ACTION ITEM ▸
Print the records below from the first line through the line containing "is then never rolled back.", both included, word for word.

+ + + + + + +

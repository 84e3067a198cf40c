//! Runs on logs in files.

use super::start_tests::{GENESIS, MEMORY, ends, own_folder, remove, write_file};
use hosting::Process;
use std::fs;
use std::fs::{File, OpenOptions};
use std::process::Abort;
use std::rt::Files;
use std::sync::Wait;
use std::thread::Threads;

/// Three blocks of a chain, of which the first one is then never rolled back.
const THREE: &str = "block A1 genesis 1
block A2 A1 2
block A3 A2 3
arrive A1
arrive A2
arrive A3
";

const THREE_KEPT: &str = "arrive A1: kept back 0 added 1
arrive A2: kept back 0 added 1
arrive A3: kept back 0 added 1
";

/// A fourth one.
const FOUR: &str = "block A1 genesis 1
block A2 A1 2
block A3 A2 3
block A4 A3 8
arrive A1
arrive A2
arrive A3
arrive A4
";

const FOUR_KEPT: &str = "arrive A1: kept back 0 added 1
arrive A2: kept back 0 added 1
arrive A3: kept back 0 added 1
arrive A4: kept back 0 added 1
";

/// What a fork and the chain's next block are answered on the log of those three blocks.
const ON_THE_LOG: &str = "block A1 genesis 1
block A2 A1 2
block B1 genesis 4
block B2 B1 5
block B3 B2 6
block B4 B3 7
tip
arrive B1
arrive A2
arrive B2
arrive B3
arrive B4
tip
";

const ON_THE_LOG_TOLD: &str = "tip: 1 A1
arrive B1: refused 4 TooOld
arrive A2: kept back 0 added 1
arrive B2: kept back 0 added 0
arrive B3: kept back 0 added 0
arrive B4: kept back 0 added 0
tip: 2 A2
";

/// The paths that the tests of a folder use.
#[derive(Drop)]
struct Paths {
    genesis: String,
    script: String,
    log: String,
}

impl Paths {
    /// Those of a folder, with this script.
    fn of(rt: &(impl Abort + Files + AllocGlobal), folder: &str, script: &str) -> Paths {
        Paths {
            genesis: write_file(rt, folder, "genesis.toml", GENESIS),
            script: write_file(rt, folder, "some.script", &[script]),
            log: format!(in rt.alloc(); "{folder}/blocks.log").expect(rt, MEMORY),
        }
    }
}

/// The script is run on the log, with this status, and this is printed and told.
fn runs_on_log(
    rt: &(impl Abort
        + Files<File = File>
        + AllocGlobal
        + Threads
        + Wait
        + Process
        + Copy
        + Send
        + Sync
        + 'static),
    paths: &Paths,
    (status, printed, told): (u8, &str, &str),
) {
    let words = [
        "node",
        "run",
        "--genesis",
        paths.genesis.as_str(),
        "--script",
        paths.script.as_str(),
        "--log",
        paths.log.as_str(),
    ];
    ends(rt, words.as_slice(), status, printed, told);
}

/// The log is opened, with this status, and this is printed and told.
fn replays(
    rt: &(impl Abort
        + Files<File = File>
        + AllocGlobal
        + Threads
        + Wait
        + Process
        + Copy
        + Send
        + Sync
        + 'static),
    paths: &Paths,
    (status, printed, told): (u8, &str, &str),
) {
    let words = [
        "node",
        "replay",
        "--log",
        paths.log.as_str(),
        "--genesis",
        paths.genesis.as_str(),
    ];
    ends(rt, words.as_slice(), status, printed, told);
}

/// The bytes of the log.
fn log_bytes(rt: &(impl Abort + Files + AllocGlobal), paths: &Paths) -> Vec<u8> {
    fs::read(rt, paths.log.as_str()).expect(rt, "a log")
}

/// The log gets these bytes.
fn write_log(rt: &(impl Abort + Files + AllocGlobal), paths: &Paths, bytes: &[u8]) {
    fs::write(rt, paths.log.as_str(), bytes).expect(rt, "a log");
}

// With one block that is never rolled back the log has 78 bytes, with two of them 188.
#[test]
fn log_after_a_run(rt: HostRuntime) {
    let folder = own_folder(&rt);
    for (script, told, size, height) in [
        (THREE, THREE_KEPT, 78, "height 1\n"),
        (FOUR, FOUR_KEPT, 188, "height 2\n"),
    ] {
        let paths = Paths::of(&rt, &folder, script);
        let _ = fs::remove_file(&rt, paths.log.as_str());
        runs_on_log(&rt, &paths, (0, told, ""));
        assert!(&rt; log_bytes(&rt, &paths).len() == size);
        replays(&rt, &paths, (0, height, ""));
        assert!(&rt; log_bytes(&rt, &paths).len() == size);
    }
    remove(&rt, &folder);
}

// A core that is opened on the log goes on from there, and what it was opened on is never rolled back.
#[test]
fn run_on_a_log(rt: HostRuntime) {
    let folder = own_folder(&rt);
    runs_on_log(&rt, &Paths::of(&rt, &folder, THREE), (0, THREE_KEPT, ""));
    let paths = Paths::of(&rt, &folder, ON_THE_LOG);
    runs_on_log(&rt, &paths, (0, ON_THE_LOG_TOLD, ""));
    replays(&rt, &paths, (0, "height 1\n", ""));
    remove(&rt, &folder);
}

// A gate that is neither open nor closed is closed; another byte of a record is damage, and nothing is written then.
#[test]
fn damaged_logs(rt: HostRuntime) {
    let folder = own_folder(&rt);
    let paths = Paths::of(&rt, &folder, THREE);
    runs_on_log(&rt, &paths, (0, THREE_KEPT, ""));
    let mut bytes = log_bytes(&rt, &paths);
    assert!(&rt; bytes.len() == 78);
    bytes[77] = 2;
    write_log(&rt, &paths, &bytes);
    replays(&rt, &paths, (0, "height 1\n", ""));
    bytes[77] = 0;
    assert!(&rt; log_bytes(&rt, &paths) == bytes);
    bytes[10] ^= 1;
    write_log(&rt, &paths, &bytes);
    replays(&rt, &paths, (1, "", "log: damaged at 0\n"));
    runs_on_log(&rt, &paths, (1, "", "log: damaged at 0\n"));
    assert!(&rt; log_bytes(&rt, &paths) == bytes);
    remove(&rt, &folder);
}

// A file that is missing, and one that is empty.
#[test]
fn logs_that_are_none(rt: HostRuntime) {
    let folder = own_folder(&rt);
    let paths = Paths::of(&rt, &folder, "tip\n");
    let missing = format!(in rt.alloc(); "cannot read {}\n", paths.log).expect(&rt, MEMORY);
    replays(&rt, &paths, (1, "", missing.as_str()));
    write_log(&rt, &paths, b"");
    replays(&rt, &paths, (0, "height 0\n", ""));
    assert!(&rt; log_bytes(&rt, &paths).as_slice() == b"\x00".as_slice());
    runs_on_log(&rt, &paths, (0, "tip: 0 genesis\n", ""));
    assert!(&rt; log_bytes(&rt, &paths).as_slice() == b"\x00".as_slice());
    remove(&rt, &folder);
}

/// A record of the one byte 80, with the SHA-256 of it, and a closed gate.
const NO_BLOCK: &[u8] = b"\x01\x00\x00\x00\x01\
\x76\xbe\x8b\x52\x8d\x00\x75\xf7\xaa\xe9\x8d\x6f\xa5\x7a\x6d\x3c\
\x83\xae\x48\x0a\x84\x69\xe6\x68\xd7\xb0\xaf\x96\x89\x95\xac\x71\
\x80\x00";

// A log whose only block is none. It isn't written to.
#[test]
fn log_with_an_invalid_block(rt: HostRuntime) {
    let folder = own_folder(&rt);
    let paths = Paths::of(&rt, &folder, THREE);
    write_log(&rt, &paths, NO_BLOCK);
    replays(&rt, &paths, (1, "", "log: invalid block 1\n"));
    runs_on_log(&rt, &paths, (1, "", "log: invalid block 1\n"));
    assert!(&rt; log_bytes(&rt, &paths).as_slice() == NO_BLOCK);
    remove(&rt, &folder);
}

// The blocks that came before a fault of the script are on the log.
#[test]
fn log_after_a_fault(rt: HostRuntime) {
    let folder = own_folder(&rt);
    let text = format!(in rt.alloc(); "{THREE}tip tip\n").expect(&rt, MEMORY);
    let paths = Paths::of(&rt, &folder, text.as_str());
    runs_on_log(&rt, &paths, (1, THREE_KEPT, "line 7: BadLine\n"));
    replays(&rt, &paths, (0, "height 1\n", ""));
    let no_script = Paths {
        genesis: format!(in rt.alloc(); "{}", paths.genesis).expect(&rt, MEMORY),
        script: format!(in rt.alloc(); "{folder}/none.script").expect(&rt, MEMORY),
        log: format!(in rt.alloc(); "{folder}/other.log").expect(&rt, MEMORY),
    };
    let told = format!(in rt.alloc(); "cannot read {}\n", no_script.script).expect(&rt, MEMORY);
    runs_on_log(&rt, &no_script, (1, "", told.as_str()));
    assert!(&rt; log_bytes(&rt, &no_script).as_slice() == b"\x00".as_slice());
    remove(&rt, &folder);
}

// Where another program has the log, it is neither run on nor replayed, and stays as it was; later it is.
#[test]
fn log_of_another_program(rt: HostRuntime) {
    let folder = own_folder(&rt);
    let paths = Paths::of(&rt, &folder, THREE);
    runs_on_log(&rt, &paths, (0, THREE_KEPT, ""));
    let bytes = log_bytes(&rt, &paths);
    let told = format!(in rt.alloc(); "cannot read {}\n", paths.log).expect(&rt, MEMORY);
    let mut options = OpenOptions::new();
    let other = options
        .read(true)
        .write(true)
        .open(&rt, paths.log.as_str())
        .expect(&rt, "a log");
    assert!(&rt; other.try_lock().is_ok());
    replays(&rt, &paths, (1, "", told.as_str()));
    runs_on_log(&rt, &paths, (1, "", told.as_str()));
    assert!(&rt; log_bytes(&rt, &paths) == bytes);
    drop(other);
    replays(&rt, &paths, (0, "height 1\n", ""));
    remove(&rt, &folder);
}

/// Beginnings of files that are no log, and how many zeros follow. The last three have a zero for a gate, but no
/// length of a block behind it, or one that is too short for what follows.
const NO_LOGS: &[(&[u8], usize)] = &[
    (b"network = 0\nk = 2\n", 0),
    (b"block A1 genesis 1\narrive A1\n", 0),
    (b"\x89PNG\r\n\x1a\n", 100_000),
    (b"\x7fELF\x02\x01\x01\x00", 1_100_000),
    (b"\x00\x01\x00\x00\x00\x10", 50_000),
    (b"\x00\x00\x00\x18ftypmp42", 10_000),
    (b"\x00", 1_048_614),
];

// What isn't a log is refused, and no byte of it is changed.
#[test]
fn files_that_are_no_log(rt: HostRuntime) {
    let folder = own_folder(&rt);
    let paths = Paths::of(&rt, &folder, "tip\n");
    let told = format!(in rt.alloc(); "cannot read {}\n", paths.log).expect(&rt, MEMORY);
    for (beginning, more) in NO_LOGS {
        let mut bytes = (*beginning).to_vec(rt.alloc()).expect(&rt, MEMORY);
        bytes.resize(bytes.len() + *more, 0).expect(&rt, MEMORY);
        write_log(&rt, &paths, &bytes);
        replays(&rt, &paths, (1, "", told.as_str()));
        runs_on_log(&rt, &paths, (1, "", told.as_str()));
        assert!(&rt; log_bytes(&rt, &paths) == bytes);
    }
    remove(&rt, &folder);
}

/// Four blocks of a chain, of which the first two are then never rolled back.
const TWO_LOGGED: &str = "block A1 genesis 1
block A2 A1 5
block A3 A2 6
block A4 A3 8
arrive A1
arrive A2
arrive A3
arrive A4
";

/// The record of the first one, whose hash is that of `cases`, which another SHA-256 gave.
const FIRST_LISTED: &str = "record 1
  place 0
  size 40
  block 3b232b00fdf18aa5f2e408bd66e32ceb313459697b54313151494910541c08aa
  number 1
  slot 1
";

/// That of the second one.
const SECOND_LISTED: &str = "record 2
  place 77
  size 73
  block 96f42fc392da943a5ebb5c35bb3f5bb0667b1eaffafe4804452df4423d3e7504
  number 2
  slot 5
";

/// Both as JSON.
const FIRST_AS_JSON: &str =
    "{\"hash\":\"3b232b00fdf18aa5f2e408bd66e32ceb313459697b54313151494910541c08aa\",\"number\":1,\"place\":0,\
    \"record\":1,\"size\":40,\"slot\":1}";

const SECOND_AS_JSON: &str =
    "{\"hash\":\"96f42fc392da943a5ebb5c35bb3f5bb0667b1eaffafe4804452df4423d3e7504\",\"number\":2,\"place\":77,\
    \"record\":2,\"size\":73,\"slot\":5}";

/// The log in the file as one document, with this status, and this is printed and told.
fn describes(
    rt: &(impl Abort
        + Files<File = File>
        + AllocGlobal
        + Threads
        + Wait
        + Process
        + Copy
        + Send
        + Sync
        + 'static),
    paths: &Paths,
    (status, printed, told): (u8, &str, &str),
) {
    let words = ["node", "show", "--json", "log", paths.log.as_str()];
    ends(rt, words.as_slice(), status, printed, told);
}

/// The log in the file is listed, with this status, and this is printed and told.
fn lists(
    rt: &(impl Abort
        + Files<File = File>
        + AllocGlobal
        + Threads
        + Wait
        + Process
        + Copy
        + Send
        + Sync
        + 'static),
    paths: &Paths,
    (status, printed, told): (u8, &str, &str),
) {
    let words = ["node", "show", "log", paths.log.as_str()];
    ends(rt, words.as_slice(), status, printed, told);
}

// At rest, with a record that was being written, and with a digest of the second one that isn't its own.
#[test]
fn log_record_by_record(rt: HostRuntime) {
    let folder = own_folder(&rt);
    let paths = Paths::of(&rt, &folder, TWO_LOGGED);
    runs_on_log(&rt, &paths, (0, FOUR_KEPT, ""));
    let records = format!(in rt.alloc(); "{FIRST_LISTED}{SECOND_LISTED}").expect(&rt, MEMORY);
    let clean = format!(in rt.alloc(); "{records}end clean\n").expect(&rt, MEMORY);
    lists(&rt, &paths, (0, clean.as_str(), ""));
    let mut bytes = log_bytes(&rt, &paths);
    assert!(&rt; bytes.len() == 188);
    bytes
        .extend_from_slice(b"\x00\x00\x00\x28\x01".as_slice())
        .expect(&rt, MEMORY);
    write_log(&rt, &paths, &bytes);
    let torn = format!(in rt.alloc(); "{records}end torn\n").expect(&rt, MEMORY);
    lists(&rt, &paths, (0, torn.as_str(), ""));
    bytes[90] ^= 1;
    write_log(&rt, &paths, &bytes);
    lists(&rt, &paths, (1, FIRST_LISTED, "log: damaged at 77\n"));
    assert!(&rt; log_bytes(&rt, &paths) == bytes);
    remove(&rt, &folder);
}

// A record that has no block, and a file that is no log.
#[test]
fn odd_logs_are_listed(rt: HostRuntime) {
    let folder = own_folder(&rt);
    let paths = Paths::of(&rt, &folder, THREE);
    write_log(&rt, &paths, NO_BLOCK);
    let listed = "record 1\n  place 0\n  size 1\n  no block\nend clean\n";
    lists(&rt, &paths, (0, listed, ""));
    write_log(&rt, &paths, b"network = 0\n");
    let told = format!(in rt.alloc(); "{} is no log\n", paths.log).expect(&rt, MEMORY);
    lists(&rt, &paths, (1, "", told.as_str()));
    remove(&rt, &folder);
}

/// The log in the file, as one document, has those two records and this end.
fn ends_as(
    rt: &(impl Abort
        + Files<File = File>
        + AllocGlobal
        + Threads
        + Wait
        + Process
        + Copy
        + Send
        + Sync
        + 'static),
    paths: &Paths,
    end: &str,
) {
    let document = format!(in rt.alloc();
        "{{\"blocks\":[{FIRST_AS_JSON},{SECOND_AS_JSON}],\"end\":\"{end}\"}}\n"
    ).expect(rt, MEMORY);
    describes(rt, paths, (0, document.as_str(), ""));
}

// At rest, with a record that was being written, and damaged in the second record: then the document has no end.
#[test]
fn log_as_a_document(rt: HostRuntime) {
    let folder = own_folder(&rt);
    let paths = Paths::of(&rt, &folder, TWO_LOGGED);
    runs_on_log(&rt, &paths, (0, FOUR_KEPT, ""));
    ends_as(&rt, &paths, "clean");
    let mut bytes = log_bytes(&rt, &paths);
    assert!(&rt; bytes.len() == 188);
    bytes
        .extend_from_slice(b"\x00\x00\x00\x28\x01".as_slice())
        .expect(&rt, MEMORY);
    write_log(&rt, &paths, &bytes);
    ends_as(&rt, &paths, "torn");
    bytes[90] ^= 1;
    write_log(&rt, &paths, &bytes);
    let damaged = format!(in rt.alloc(); "{{\"blocks\":[{FIRST_AS_JSON}").expect(&rt, MEMORY);
    describes(&rt, &paths, (1, damaged.as_str(), "log: damaged at 77\n"));
    remove(&rt, &folder);
}

/// The document of a log whose only block is none.
const NO_BLOCK_AS_JSON: &str =
    "{\"blocks\":[{\"hash\":null,\"number\":null,\"place\":0,\"record\":1,\"size\":1,\"slot\":null}],\
    \"end\":\"clean\"}\n";

// One without a record, one whose record has no block, and a file that is none, of which nothing is printed.
#[test]
fn odd_logs_as_documents(rt: HostRuntime) {
    let folder = own_folder(&rt);
    let paths = Paths::of(&rt, &folder, THREE);
    write_log(&rt, &paths, b"\x00");
    describes(&rt, &paths, (0, "{\"blocks\":[],\"end\":\"clean\"}\n", ""));
    write_log(&rt, &paths, NO_BLOCK);
    describes(&rt, &paths, (0, NO_BLOCK_AS_JSON, ""));
    write_log(&rt, &paths, b"network = 0\n");
    let told = format!(in rt.alloc(); "{} is no log\n", paths.log).expect(&rt, MEMORY);
    describes(&rt, &paths, (1, "", told.as_str()));
    remove(&rt, &folder);
}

+ + + + + + +

EXPECTED ANSWER ▸
repository 84e3067a198cf40c
//! Runs on logs in files.

use super::start_tests::{GENESIS, MEMORY, ends, own_folder, remove, write_file};
use hosting::Process;
use std::fs;
use std::fs::{File, OpenOptions};
use std::process::Abort;
use std::rt::Files;
use std::sync::Wait;
use std::thread::Threads;

/// Three blocks of a chain, of which the first one is then never rolled back.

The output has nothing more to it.